The morning sun bathed the Jade Chamber in a brilliant, unforgiving light. It was a day of clarity, yet as Ren and Ganyu ascended the floating platform, the air felt heavy with the weight of secrets about to be spilled.
They entered Ningguang's office. The Tianquan was standing by her desk, her expression unreadable but her posture alert. Keqing stood by the window, arms crossed, looking out at the harbor she had sworn to protect. And seated in a chair usually reserved for visiting dignitaries was Xianyun.
The Cloud Retainer looked up as they entered. She was in her human form, her glasses reflecting the morning light. The moment she saw Ren, the stern lines of her face softened. She stood, her movements fluid and graceful.
"Master," Ren whispered.
He didn't wait for protocol. He walked to her, and she met him halfway. She knelt, pulling him into a hug that was surprisingly fierce. It wasn't the suffocating, frantic embrace of Ganyu, but a solid, grounding hold. It was the embrace of a teacher who had feared her student lost to the currents of a chaotic world.
"This one has heard the reports," Xianyun murmured, her voice vibrating against his chest. "Ningguang has spoken of the patents, of the politics. But… hearing of your safety from a distance is not the same as seeing it. You have grown, Ren. And you have endured much."
She pulled back, her golden eyes scanning him, looking for hidden wounds. "We will speak of your engineering triumphs later.
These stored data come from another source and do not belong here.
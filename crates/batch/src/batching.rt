// Appending a batch to a file.
ghost use Rattle.batch.specs.Batch.{laid, batch};
ghost use Rattle.batch.specs.Answers.{AppendsBatch};

use super::answers::Batched;
use super::inner::append_in_turn;
use super::new_entries::{Columns, NewEntries};
use super::rules::batch_refusal;
use descriptor::{Validated, refusal_of, validate};

// Appends entries in turn, of which each kind is laid end to end with a row of counts for each entry:
// index bytes, identifiers, lengths, section bytes, data bytes. The first refusal ends it, and the
// entries before it stay. Refuses by 26 before all else where there are over 64 entries, not as many
// rows as versions, or a column that does not use up its array, and then changes no byte. The columns are lent one by one, as C
// has them.
pub fn append_batch(
    file: &mut [u8],
    versions: &[i32],
    counts: &[[u64; 5]],
    index: &[u8],
    ids: &[i32],
    lengths: &[i64],
    sections: &[u8],
    values: &[u8],
) -> Batched
    ensures { AppendsBatch file.old (batch versions counts (laid index ids lengths sections values)) result file.new }
{
    let entries = NewEntries {
        versions,
        counts,
        columns: Columns {
            index,
            ids,
            lengths,
            sections,
            values,
        },
    };
    if let Err(refusal) = batch_refusal(&entries) {
        return Batched {
            refusal: refusal.number(),
            accepted: 0,
        };
    }
    if versions.len() == 0 {
        return Batched {
            refusal: 0,
            accepted: 0,
        };
    }
    let validation = validate(file);
    let case = validation.numbers;
    let Validated::Numbers(d) = case else {
        return Batched {
            refusal: refusal_of(case),
            accepted: 0,
        };
    };
    append_in_turn(d, file, &entries)
}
For now… your eyes tell a different story. A heavier one."
Ren nodded, stepping back. He looked at the four women gathered in the room. Ganyu, his sister. Xianyun, his master. Ningguang and Keqing, his protectors and allies. They were the most powerful people in Liyue, and they were all looking at him with absolute, unwavering focus.
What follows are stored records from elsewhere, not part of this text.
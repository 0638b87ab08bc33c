// The answer of a batch.

// The answer of `append_batch`: the refusal, 0 when all entries were accepted, and how many were. C has it as it stands, and both
// are known where an entry is refused.
#[repr(C)]
#[derive(Clone, Copy)]
pub struct Batched {
    pub refusal: u32,
    pub accepted: u64,
}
"I have something to tell you," Ren said, his voice trembling slightly. "Something… I haven't told anyone. Not fully."
Ningguang gestured to the chair he usually occupied. "Sit, Ren. We are listening."
Ren sat. He took a deep breath, counting to five, centering himself. He looked at his hands—hands that could wield elements without a Vision, hands that didn't seem to age.
"You know I am from another world," he began, his voice quiet but steady. "That was the truth I knew when I woke up on Mt. Aocang. I thought I was just… a traveler who got lost. A soul in a new body."
He looked up. "But my trip to Sumeru… it changed everything. It gave me pieces of a puzzle I didn't know I was trying to solve."
He started from the beginning. He told them about the dream in the alumni house. He described the void, the voices echoing in the dark. The girl who promised to save him. The man who spoke of his blood receptiveness. He described the mirrors shattering, showing him a past of cold rooms, of Fatui symbols, of pain.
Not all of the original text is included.